# Jack Daniels Chocolate Ice Cream



## Raine (Mar 12, 2005)

Jack Daniels Chocolate Ice Cream

This is slightly labor intensive but if you like chocolate, it's really, really, really, really worth it!

2 cups whipping cream
2 cups half-and-half
1/3 cup granulated sugar
1/3 cup unsweetened cocoa powder
2 1/2 ounces semisweet chocolate, coarsely chopped
6 eggs, beaten to blend
1/3 cup Jack Daniel's Whiskey

Bring cream and half-and-half to simmer in heavy large saucepan. Add sugar and cocoa and stir until sugar dissolves. Remove from heat. Add chocolate and stir until smooth. Gradually whisk 1/2 cup chocolate mixture into eggs. Return to saucepan. Stir over medium-low heat until mixture thickens and leaves path on back of spoon when finger is drawn across, 10 to 15 minutes.

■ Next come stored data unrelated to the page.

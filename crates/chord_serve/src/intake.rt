//! What one read after another takes in.
ghost use Rattle.std.specs.Prelude.{◌≡◌, ◌≤◌, [], length, OnOk, OnErr, IfOk};
ghost use Rattle.std.specs.Io.KnownBytes.{Consumes, IsAtEnd, Keeps};
ghost use Rattle.chord_serve.specs.BytesRead.{most_bytes};

use crate::read_size::ReadSize;
use std::alloc::{AllocError, Global};
use std::io::{self, Read};
use std::marker::Model;

/// How many bytes the first read takes at most.
const FIRST_BYTES: usize = 4_096;

/// A buffer for the reads of a connection. It begins small, so that a connection which sends little
/// takes little memory, and doubles after each read that filled it, up to its size. Contracts see
/// the size, and the bytes that the last read took.
#[derive(Debug, Drop)]
pub struct Intake {
    buffer: Vec<u8>,
    /// How many bytes the last read took.
    count: usize,
    size: ReadSize,
}

impl Model for Intake {
    ghost use Rattle.std.specs.Prelude.{◌≤◌, ◌<◌, take, vec_len};
    ghost use Rattle.chord_serve.specs.BytesRead.{Taken, most_bytes};

    ghost Value = { Taken };

    ghost view = { λ a. record { size = a.size; bytes = take a.count a.buffer.items } };

    ghost invariant = { λ a. (a.count ≤ vec_len a.buffer) × (0 < vec_len a.buffer) × (vec_len a.buffer ≤ most_bytes a.size) };
}

impl Intake {
    /// A buffer that has taken nothing in.
    pub fn new(alloc: Global, size: ReadSize) -> Result<Intake, AllocError>
        ensures { IfOk result (λ intake. intake ≡ record { size = size; bytes = [] }) }
    {
        Ok(Intake {
            buffer: vec![in alloc; 0; FIRST_BYTES]?,
            count: 0,
            size,
        })
    }

    /// The bytes that the last read took.
    pub fn bytes(&self) -> &[u8]
        ensures { result.now ≡ self.now.bytes }
    {
        &self.buffer[..self.count]
    }

    // Doubles the buffer, up to its size. It stays as it is if memory is out.
    fn widen(&mut self)
        ensures { self.new ≡ self.old }
    {
        let wider = self.size.most_bytes().min(2 * self.buffer.len());
        let _ = self.buffer.resize(wider, 0).is_ok();
    }

    /// Reads once.
    pub fn read_from<R: Read>(&mut self, reader: &mut R) -> io::Result<()>
        ensures size { self.new.size ≡ self.old.size }
        ensures most { length self.new.bytes ≤ most_bytes self.old.size }
        ensures ok { OnOk result (Consumes (R.remaining reader.old) (R.remaining reader.new) self.new.bytes) }
        ensures end { OnOk result (self.new.bytes ≡ [] → IsAtEnd (R.remaining reader.new)) }
        ensures err { OnErr result (Keeps (R.remaining reader.old) (R.remaining reader.new)) }
    {
        if self.count == self.buffer.len() {
            self.widen();
        }
        self.count = reader.read(&mut self.buffer)?;
        Ok(())
    }
}
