//! The output that is due.
ghost use Rattle.std.specs.Prelude.{◌≡◌, ◌≤◌, [], length, nat_lt, vec_capacity};
ghost use Rattle.chord_serve.specs.Writes.{Joins, Writes};

use crate::write_bytes::write_bytes;
use std::alloc::{AllocError, Global};
use std::io::{self, Write};
use std::marker::Model;

/// Output of more bytes than these is written before more is added.
const DUE_LIMIT: usize = 65_536;

/// A buffer with room for more bytes than these is freed once it is written.
const KEPT_BYTES: usize = 131_072;

/// Takes all bytes off, and frees a buffer with room for more than this many.
pub(crate) fn clear(bytes: &mut Vec<u8>, alloc: Global, most: usize)
    ensures none { bytes.new.items ≡ [] }
    ensures room { vec_capacity bytes.new ≤ most }
{
    if bytes.capacity() > most {
        *bytes = Vec::new(alloc);
    } else {
        bytes.clear();
    }
}

/// The answers that are to be written together. The buffer serves for the next ones too.
#[derive(Debug, Drop)]
pub struct Due {
    pub bytes: Vec<u8>,
}

impl Model for Due {
    ghost use Rattle.std.specs.Prelude.{ℕ, List};

    ghost Value = { List ℕ };

    ghost view = { λ d. d.bytes.items };
}

impl Due {
    /// No output.
    pub fn new(alloc: Global) -> Due
        ensures { result ≡ [] }
    {
        Due {
            bytes: Vec::new(alloc),
        }
    }

    /// Begins anew.
    pub fn clear(&mut self, alloc: Global)
        ensures { self.new ≡ [] }
    {
        clear(&mut self.bytes, alloc, KEPT_BYTES);
    }

    /// Adds an answer.
    pub fn add(&mut self, frame: &[u8]) -> Result<(), AllocError>
        ensures { Joins result self.old self.new frame.now }
    {
        self.bytes.extend_from_slice(frame)?;
        Ok(())
    }

    /// Whether the output must be written before more is added.
    pub fn is_full(&self) -> bool
        ensures { result ≡ nat_lt DUE_LIMIT (length self.now) }
    {
        DUE_LIMIT < self.bytes.len()
    }

    /// Writes all of it.
    pub fn write_to<W: Write>(&self, writer: &mut W) -> io::Result<()>
        ensures { Writes result (W.contents writer.old) (W.contents writer.new) self.now }
    {
        write_bytes(writer, &self.bytes)
    }
}
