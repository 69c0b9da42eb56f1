//! A connection whose driver waits for its reader and its writer.
ghost use Rattle.std.specs.Prelude.{◌≡◌, ◌≢◌, ◌<◌, ◌≤◌, ◌*◌, [], List, ℕ, length, Some, Ok, Err, true, IfErr, OnOk};
ghost use Rattle.std.specs.Io.KnownBytes.{Appends, Consumes};
ghost use Rattle.chord_serve.specs.BytesRead.{ReadsBetween, ReadsInTurns, most_bytes};
ghost use Rattle.chord_serve.specs.Conversing.{AnswersPart, SendsPart, AnswersAll, AnswersPiece, TakesTurn, Converses};
ghost use Rattle.chord_serve.specs.Ends.{IsStop, EndsInput};

use crate::due::Due;
use crate::intake::Intake;
use crate::link::protocol::Protocol;
use crate::link::stage::Step;
use crate::read_size::ReadSize;
use crate::served::Served;
use std::alloc::Global;
use std::io::{Read, Write};

// Answers requests into the output until none is whole (false) or the output is full (true). None
// waits.
fn answer_part<P: Protocol>(alloc: Global, protocol: &mut P, due: &mut Due) -> Result<bool, Served>
    requires empty { due.old ≡ [] }
    requires idle { P.idle protocol.old }
    ensures part { AnswersPart P.hears P.says P.stops P.rests result protocol.old due.new protocol.new }
    ensures idle { OnOk result (P.idle protocol.new) }
    ensures stop { IfErr result IsStop }
    ensures shorter { result ≡ Ok true → P.unread protocol.new < P.unread protocol.old }
{
    while !due.is_full() {
        match protocol.answer_next(alloc, due, false)? {
            Step::Answered => {}
            Step::Nothing => return Ok(false),
            Step::Later => unreachable!(),
        }
    }
    Ok(true)
}

// Answers some requests, and then writes the output, even if the connection ended.
fn send_part<P: Protocol, W: Write>(
    alloc: Global,
    protocol: &mut P,
    due: &mut Due,
    writer: &mut W,
) -> Result<bool, Served>
    requires { P.idle protocol.old }
    ensures part { SendsPart P.hears P.says P.stops P.rests result protocol.old (W.contents writer.old) (W.contents writer.new) protocol.new }
    ensures idle { OnOk result (P.idle protocol.new) }
    ensures stop { IfErr result IsStop }
    ensures shorter { result ≡ Ok true → P.unread protocol.new < P.unread protocol.old }
{
    due.clear(alloc);
    let result = answer_part(alloc, protocol, due);
    match due.write_to(writer) {
        Ok(()) => result,
        Err(_) => Err(Served::Write),
    }
}

// Answers all whole requests.
fn answer_all<P: Protocol, W: Write>(
    alloc: Global,
    protocol: &mut P,
    due: &mut Due,
    writer: &mut W,
) -> Result<(), Served>
    requires { P.idle protocol.old }
    ensures idle { OnOk result (P.idle protocol.new) }
    ensures stop { IfErr result IsStop }
    ensures all { AnswersAll P.hears P.says P.stops P.rests result protocol.old (W.contents writer.old) (W.contents writer.new) protocol.new }
{
    while send_part(alloc, protocol, due, writer)? {}
    due.clear(alloc);
    Ok(())
}

// Answers all requests that are whole with this piece of the input. No bytes are the end of the
// input.
fn answer_piece<P: Protocol, W: Write>(
    alloc: Global,
    protocol: &mut P,
    due: &mut Due,
    piece: &[u8],
    writer: &mut W,
) -> Result<(), Served>
    requires rests { P.rests protocol.old }
    requires idle { P.idle protocol.old }
    ensures idle { OnOk result (P.idle protocol.new) }
    ensures end { IfErr result (λ end. EndsInput end (Some piece.now)) }
    ensures some { OnOk result (1 ≤ length piece.now) }
    ensures not_spent { result ≢ Err Served.TurnsSpent }
    ensures not_read { result ≢ Err Served.Read }
    ensures answered { AnswersPiece P.hears P.says P.stops P.rests P.between result protocol.old piece.now (W.contents writer.old) (W.contents writer.new) protocol.new }
{
    if piece.is_empty() {
        if protocol.is_between() {
            return Err(Served::Ended);
        }
        return Err(Served::Truncated);
    }
    match protocol.feed(piece) {
        Ok(()) => answer_all(alloc, protocol, due, writer),
        Err(_) => Err(Served::Memory),
    }
}

// One read, then the answers to all whole requests, written together.
fn take_turn<P: Protocol, R: Read, W: Write>(
    alloc: Global,
    protocol: &mut P,
    intake: &mut Intake,
    due: &mut Due,
    reader: &mut R,
    writer: &mut W,
) -> Result<(), Served>
    requires rests { P.rests protocol.old }
    requires idle { P.idle protocol.old }
    ensures idle { OnOk result (P.idle protocol.new) }
    ensures size { intake.new.size ≡ intake.old.size }
    ensures end { IfErr result (λ end. EndsInput end (R.remaining reader.new)) }
    ensures bytes { ReadsBetween 0 (most_bytes intake.old.size) (R.remaining reader.old) (R.remaining reader.new) }
    ensures not_spent { result ≢ Err Served.TurnsSpent }
    ensures progress { OnOk result (ReadsBetween 1 (most_bytes intake.old.size) (R.remaining reader.old) (R.remaining reader.new)) }
    ensures turn { TakesTurn P.hears P.says P.stops P.rests P.between result protocol.old (R.remaining reader.old) (R.remaining reader.new) (W.contents writer.old) (W.contents writer.new) protocol.new }
{
    match intake.read_from(reader) {
        Ok(()) => answer_piece(alloc, protocol, due, intake.bytes(), writer),
        Err(_) => Err(Served::Read),
    }
}

// Takes at most `turns` turns.
fn take_turns<P: Protocol, R: Read, W: Write>(
    alloc: Global,
    protocol: &mut P,
    reader: &mut R,
    writer: &mut W,
    size: ReadSize,
    turns: u64,
) -> Served
    requires rests { P.rests protocol.old }
    requires idle { P.idle protocol.old }
    ensures end { EndsInput result (R.remaining reader.new) }
    ensures turns { ReadsInTurns (result ≡ Served.TurnsSpent) (most_bytes size) turns (R.remaining reader.old) (R.remaining reader.new) }
    ensures conversed { (input : List ℕ) × (output : List ℕ) × Consumes (R.remaining reader.old) (R.remaining reader.new) input
        × Converses P.hears P.says P.stops P.rests P.between result protocol.old input output protocol.new
        × Appends (W.contents writer.old) (W.contents writer.new) output }
{
    let Ok(mut intake) = Intake::new(alloc, size) else {
        return Served::Memory;
    };
    let mut due = Due::new(alloc);
    for _ in 0..turns {
        if let Err(end) = take_turn(alloc, protocol, &mut intake, &mut due, reader, writer) {
            return end;
        }
    }
    Served::TurnsSpent
}

/// Answers the requests that the protocol took in before, and then those from the reader, until the
/// input ends, a request ends the connection, a call fails, or `turns` reads of this size were
/// made; the contract says how many bytes these may take, and tests count the reads. No request
/// waits: one without an answer is answered as such. The answers to the requests of one read are
/// written together, or whenever they are more than 65,536 bytes. They are also written if a
/// request ends the connection.
pub fn drive<P: Protocol, R: Read, W: Write>(
    alloc: Global,
    protocol: &mut P,
    reader: &mut R,
    writer: &mut W,
    size: ReadSize,
    turns: u64,
) -> Served
    requires { P.idle protocol.old }
    ensures end { EndsInput result (R.remaining reader.new) }
    // Each read takes at least one byte unless the input ends.
    ensures turns { ReadsInTurns (result ≡ Served.TurnsSpent) (most_bytes size) turns (R.remaining reader.old) (R.remaining reader.new) }
    ensures conversed { (input : List ℕ) × (output : List ℕ) × Consumes (R.remaining reader.old) (R.remaining reader.new) input
        × Converses P.hears P.says P.stops P.rests P.between result protocol.old input output protocol.new
        × Appends (W.contents writer.old) (W.contents writer.new) output }
{
    let mut due = Due::new(alloc);
    if let Err(end) = answer_all(alloc, protocol, &mut due, writer) {
        return end;
    }
    drop(due);
    take_turns(alloc, protocol, reader, writer, size, turns)
}
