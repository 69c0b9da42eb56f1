//! A connection as a machine that owns its stream.

pub(crate) mod connection;
mod machine;
pub(crate) mod marks;
pub(crate) mod outbox;
pub(crate) mod protocol;
pub(crate) mod stage;
pub(crate) mod stream;
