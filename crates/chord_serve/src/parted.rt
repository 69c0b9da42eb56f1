//! What a connection leaves of its session.
ghost use Rattle.std.specs.Prelude.{◌≡◌};
ghost use Rattle.chord_serve.specs.Parting.{asker_of};

use crate::client_session::ClientSession;

/// What a connection leaves of its session.
#[derive(Drop)]
pub enum Parted<A> {
    /// It can go on over another connection.
    Kept(ClientSession<A>),
    /// It is over: it was closed, or memory ran out while a request was answered, so that nobody
    /// knows whether the request was asked.
    Over(A),
}

impl<A> Parted<A> {
    /// The asker, whether the session could go on or not.
    pub fn into_asker(self) -> A
        ensures { result ≡ asker_of self }
    {
        match self {
            Parted::Kept(client) => client.into_asker(),
            Parted::Over(asker) => asker,
        }
    }
}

Strain into bowl set over larger bowl filled with ice. Cool completely, stirring often.

Stir whiskey into custard. Transfer custard to ice cream maker and freeze according to manufacturer's instructions. Freeze in covered container several hours to mellow flavors. If frozen solid, allow to soften before serving.


----------